## Exercise details
Give back every record precisely.

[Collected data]
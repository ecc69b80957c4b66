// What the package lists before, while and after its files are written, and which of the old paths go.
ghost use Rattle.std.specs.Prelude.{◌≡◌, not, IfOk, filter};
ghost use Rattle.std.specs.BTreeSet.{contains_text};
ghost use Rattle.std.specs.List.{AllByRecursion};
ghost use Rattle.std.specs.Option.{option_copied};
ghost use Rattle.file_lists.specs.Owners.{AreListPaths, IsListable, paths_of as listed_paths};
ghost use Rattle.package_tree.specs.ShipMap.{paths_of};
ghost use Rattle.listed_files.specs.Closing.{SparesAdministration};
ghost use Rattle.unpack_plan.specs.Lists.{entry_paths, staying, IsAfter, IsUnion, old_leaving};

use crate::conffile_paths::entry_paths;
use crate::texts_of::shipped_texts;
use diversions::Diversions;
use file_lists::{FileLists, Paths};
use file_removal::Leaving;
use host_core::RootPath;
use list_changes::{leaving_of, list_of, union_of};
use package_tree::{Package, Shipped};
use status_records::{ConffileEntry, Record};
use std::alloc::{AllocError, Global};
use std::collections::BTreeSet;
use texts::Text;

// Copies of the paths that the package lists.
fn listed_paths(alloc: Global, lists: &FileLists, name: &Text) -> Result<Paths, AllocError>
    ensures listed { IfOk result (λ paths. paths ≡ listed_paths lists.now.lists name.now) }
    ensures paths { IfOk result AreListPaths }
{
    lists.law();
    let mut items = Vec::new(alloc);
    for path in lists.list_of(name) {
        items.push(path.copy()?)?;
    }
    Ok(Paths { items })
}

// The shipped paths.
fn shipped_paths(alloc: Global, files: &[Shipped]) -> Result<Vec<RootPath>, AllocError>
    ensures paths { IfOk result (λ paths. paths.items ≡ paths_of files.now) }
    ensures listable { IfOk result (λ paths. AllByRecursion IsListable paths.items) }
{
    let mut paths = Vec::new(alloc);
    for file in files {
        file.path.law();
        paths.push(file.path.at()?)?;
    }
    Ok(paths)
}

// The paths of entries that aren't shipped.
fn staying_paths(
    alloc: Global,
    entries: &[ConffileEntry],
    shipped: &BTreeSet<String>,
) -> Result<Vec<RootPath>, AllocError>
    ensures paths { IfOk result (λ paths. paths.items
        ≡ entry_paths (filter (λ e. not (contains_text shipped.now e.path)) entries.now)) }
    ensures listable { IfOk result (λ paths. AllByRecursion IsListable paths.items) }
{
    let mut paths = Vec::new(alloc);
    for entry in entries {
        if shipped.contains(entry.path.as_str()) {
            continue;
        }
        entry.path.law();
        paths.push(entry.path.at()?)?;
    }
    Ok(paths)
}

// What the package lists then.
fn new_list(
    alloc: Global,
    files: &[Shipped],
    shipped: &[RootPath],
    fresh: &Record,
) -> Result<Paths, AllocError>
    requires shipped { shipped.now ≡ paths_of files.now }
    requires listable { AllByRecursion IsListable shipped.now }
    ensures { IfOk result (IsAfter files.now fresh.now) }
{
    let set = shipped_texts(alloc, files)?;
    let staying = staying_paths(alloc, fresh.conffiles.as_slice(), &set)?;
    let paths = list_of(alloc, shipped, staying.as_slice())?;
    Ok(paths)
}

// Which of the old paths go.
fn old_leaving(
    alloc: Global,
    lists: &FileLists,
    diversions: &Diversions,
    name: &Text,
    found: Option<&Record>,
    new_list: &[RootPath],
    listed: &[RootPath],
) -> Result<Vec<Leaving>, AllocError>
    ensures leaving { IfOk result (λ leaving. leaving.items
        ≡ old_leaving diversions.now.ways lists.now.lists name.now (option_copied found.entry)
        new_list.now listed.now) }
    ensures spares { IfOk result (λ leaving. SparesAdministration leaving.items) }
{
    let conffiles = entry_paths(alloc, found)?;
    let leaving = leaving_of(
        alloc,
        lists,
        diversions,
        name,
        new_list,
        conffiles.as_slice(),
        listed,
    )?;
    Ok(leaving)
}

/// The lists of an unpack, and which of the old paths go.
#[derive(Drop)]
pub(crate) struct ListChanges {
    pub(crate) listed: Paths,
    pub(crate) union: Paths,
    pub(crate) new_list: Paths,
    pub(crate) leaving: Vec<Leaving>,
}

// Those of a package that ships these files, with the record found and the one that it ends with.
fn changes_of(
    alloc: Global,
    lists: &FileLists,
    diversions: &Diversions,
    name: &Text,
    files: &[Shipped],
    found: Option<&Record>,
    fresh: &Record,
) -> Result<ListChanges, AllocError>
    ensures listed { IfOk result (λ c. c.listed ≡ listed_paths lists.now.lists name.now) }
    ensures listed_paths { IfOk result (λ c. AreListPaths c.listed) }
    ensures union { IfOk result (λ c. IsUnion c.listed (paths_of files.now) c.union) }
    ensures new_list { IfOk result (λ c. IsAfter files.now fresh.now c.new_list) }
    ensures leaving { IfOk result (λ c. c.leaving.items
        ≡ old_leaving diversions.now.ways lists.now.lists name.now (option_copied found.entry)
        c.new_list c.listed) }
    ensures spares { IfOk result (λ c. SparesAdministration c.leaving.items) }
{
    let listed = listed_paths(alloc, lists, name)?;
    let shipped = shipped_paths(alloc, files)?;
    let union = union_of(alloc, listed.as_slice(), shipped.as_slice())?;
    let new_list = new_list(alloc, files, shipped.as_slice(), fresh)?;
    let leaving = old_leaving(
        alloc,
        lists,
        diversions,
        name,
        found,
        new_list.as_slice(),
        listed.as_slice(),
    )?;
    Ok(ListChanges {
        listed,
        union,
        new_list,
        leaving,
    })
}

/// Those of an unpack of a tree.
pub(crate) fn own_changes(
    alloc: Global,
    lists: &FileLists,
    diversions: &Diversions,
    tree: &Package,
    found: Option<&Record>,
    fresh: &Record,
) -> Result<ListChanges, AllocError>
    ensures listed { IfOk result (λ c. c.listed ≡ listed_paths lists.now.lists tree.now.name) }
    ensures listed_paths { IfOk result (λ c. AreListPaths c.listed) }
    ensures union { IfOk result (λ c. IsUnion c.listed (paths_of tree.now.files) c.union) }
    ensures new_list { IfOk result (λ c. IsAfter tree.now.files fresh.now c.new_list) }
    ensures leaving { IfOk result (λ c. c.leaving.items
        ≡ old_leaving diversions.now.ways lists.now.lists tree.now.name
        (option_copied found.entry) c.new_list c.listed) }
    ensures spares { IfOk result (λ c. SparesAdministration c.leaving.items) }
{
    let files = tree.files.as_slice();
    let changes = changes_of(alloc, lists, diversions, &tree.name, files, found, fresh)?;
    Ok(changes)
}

## Solution
repository ecc69b80957c4b66
// What the package lists before, while and after its files are written, and which of the old paths go.
ghost use Rattle.std.specs.Prelude.{◌≡◌, not, IfOk, filter};
ghost use Rattle.std.specs.BTreeSet.{contains_text};
ghost use Rattle.std.specs.List.{AllByRecursion};
ghost use Rattle.std.specs.Option.{option_copied};
ghost use Rattle.file_lists.specs.Owners.{AreListPaths, IsListable, paths_of as listed_paths};
ghost use Rattle.package_tree.specs.ShipMap.{paths_of};
ghost use Rattle.listed_files.specs.Closing.{SparesAdministration};
ghost use Rattle.unpack_plan.specs.Lists.{entry_paths, staying, IsAfter, IsUnion, old_leaving};

use crate::conffile_paths::entry_paths;
use crate::texts_of::shipped_texts;
use diversions::Diversions;
use file_lists::{FileLists, Paths};
use file_removal::Leaving;
use host_core::RootPath;
use list_changes::{leaving_of, list_of, union_of};
use package_tree::{Package, Shipped};
use status_records::{ConffileEntry, Record};
use std::alloc::{AllocError, Global};
use std::collections::BTreeSet;
use texts::Text;

// Copies of the paths that the package lists.
fn listed_paths(alloc: Global, lists: &FileLists, name: &Text) -> Result<Paths, AllocError>
    ensures listed { IfOk result (λ paths. paths ≡ listed_paths lists.now.lists name.now) }
    ensures paths { IfOk result AreListPaths }
{
    lists.law();
    let mut items = Vec::new(alloc);
    for path in lists.list_of(name) {
        items.push(path.copy()?)?;
    }
    Ok(Paths { items })
}

// The shipped paths.
fn shipped_paths(alloc: Global, files: &[Shipped]) -> Result<Vec<RootPath>, AllocError>
    ensures paths { IfOk result (λ paths. paths.items ≡ paths_of files.now) }
    ensures listable { IfOk result (λ paths. AllByRecursion IsListable paths.items) }
{
    let mut paths = Vec::new(alloc);
    for file in files {
        file.path.law();
        paths.push(file.path.at()?)?;
    }
    Ok(paths)
}

// The paths of entries that aren't shipped.
fn staying_paths(
    alloc: Global,
    entries: &[ConffileEntry],
    shipped: &BTreeSet<String>,
) -> Result<Vec<RootPath>, AllocError>
    ensures paths { IfOk result (λ paths. paths.items
        ≡ entry_paths (filter (λ e. not (contains_text shipped.now e.path)) entries.now)) }
    ensures listable { IfOk result (λ paths. AllByRecursion IsListable paths.items) }
{
    let mut paths = Vec::new(alloc);
    for entry in entries {
        if shipped.contains(entry.path.as_str()) {
            continue;
        }
        entry.path.law();
        paths.push(entry.path.at()?)?;
    }
    Ok(paths)
}

// What the package lists then.
fn new_list(
    alloc: Global,
    files: &[Shipped],
    shipped: &[RootPath],
    fresh: &Record,
) -> Result<Paths, AllocError>
    requires shipped { shipped.now ≡ paths_of files.now }
    requires listable { AllByRecursion IsListable shipped.now }
    ensures { IfOk result (IsAfter files.now fresh.now) }
{
    let set = shipped_texts(alloc, files)?;
    let staying = staying_paths(alloc, fresh.conffiles.as_slice(), &set)?;
    let paths = list_of(alloc, shipped, staying.as_slice())?;
    Ok(paths)
}

// Which of the old paths go.
fn old_leaving(
    alloc: Global,
    lists: &FileLists,
    diversions: &Diversions,
    name: &Text,
    found: Option<&Record>,
    new_list: &[RootPath],
    listed: &[RootPath],
) -> Result<Vec<Leaving>, AllocError>
    ensures leaving { IfOk result (λ leaving. leaving.items
        ≡ old_leaving diversions.now.ways lists.now.lists name.now (option_copied found.entry)
        new_list.now listed.now) }
    ensures spares { IfOk result (λ leaving. SparesAdministration leaving.items) }
{
    let conffiles = entry_paths(alloc, found)?;
    let leaving = leaving_of(
        alloc,
        lists,
        diversions,
        name,
        new_list,
        conffiles.as_slice(),
        listed,
    )?;
    Ok(leaving)
}

/// The lists of an unpack, and which of the old paths go.
#[derive(Drop)]
pub(crate) struct ListChanges {
    pub(crate) listed: Paths,
    pub(crate) union: Paths,
    pub(crate) new_list: Paths,
    pub(crate) leaving: Vec<Leaving>,
}

// Those of a package that ships these files, with the record found and the one that it ends with.
fn changes_of(
    alloc: Global,
    lists: &FileLists,
    diversions: &Diversions,
    name: &Text,
    files: &[Shipped],
    found: Option<&Record>,
    fresh: &Record,
) -> Result<ListChanges, AllocError>
    ensures listed { IfOk result (λ c. c.listed ≡ listed_paths lists.now.lists name.now) }
    ensures listed_paths { IfOk result (λ c. AreListPaths c.listed) }
    ensures union { IfOk result (λ c. IsUnion c.listed (paths_of files.now) c.union) }
    ensures new_list { IfOk result (λ c. IsAfter files.now fresh.now c.new_list) }
    ensures leaving { IfOk result (λ c. c.leaving.items
        ≡ old_leaving diversions.now.ways lists.now.lists name.now (option_copied found.entry)
        c.new_list c.listed) }
    ensures spares { IfOk result (λ c. SparesAdministration c.leaving.items) }
{
    let listed = listed_paths(alloc, lists, name)?;
    let shipped = shipped_paths(alloc, files)?;
    let union = union_of(alloc, listed.as_slice(), shipped.as_slice())?;
    let new_list = new_list(alloc, files, shipped.as_slice(), fresh)?;
    let leaving = old_leaving(
        alloc,
        lists,
        diversions,
        name,
        found,
        new_list.as_slice(),
        listed.as_slice(),
    )?;
    Ok(ListChanges {
        listed,
        union,
        new_list,
        leaving,
    })
}

/// Those of an unpack of a tree.
pub(crate) fn own_changes(
    alloc: Global,
    lists: &FileLists,
    diversions: &Diversions,
    tree: &Package,
    found: Option<&Record>,
    fresh: &Record,
) -> Result<ListChanges, AllocError>
    ensures listed { IfOk result (λ c. c.listed ≡ listed_paths lists.now.lists tree.now.name) }
    ensures listed_paths { IfOk result (λ c. AreListPaths c.listed) }
    ensures union { IfOk result (λ c. IsUnion c.listed (paths_of tree.now.files) c.union) }
    ensures new_list { IfOk result (λ c. IsAfter tree.now.files fresh.now c.new_list) }
    ensures leaving { IfOk result (λ c. c.leaving.items
        ≡ old_leaving diversions.now.ways lists.now.lists tree.now.name
        (option_copied found.entry) c.new_list c.listed) }
    ensures spares { IfOk result (λ c. SparesAdministration c.leaving.items) }
{
    let files = tree.files.as_slice();
    let changes = changes_of(alloc, lists, diversions, &tree.name, files, found, fresh)?;
    Ok(changes)
}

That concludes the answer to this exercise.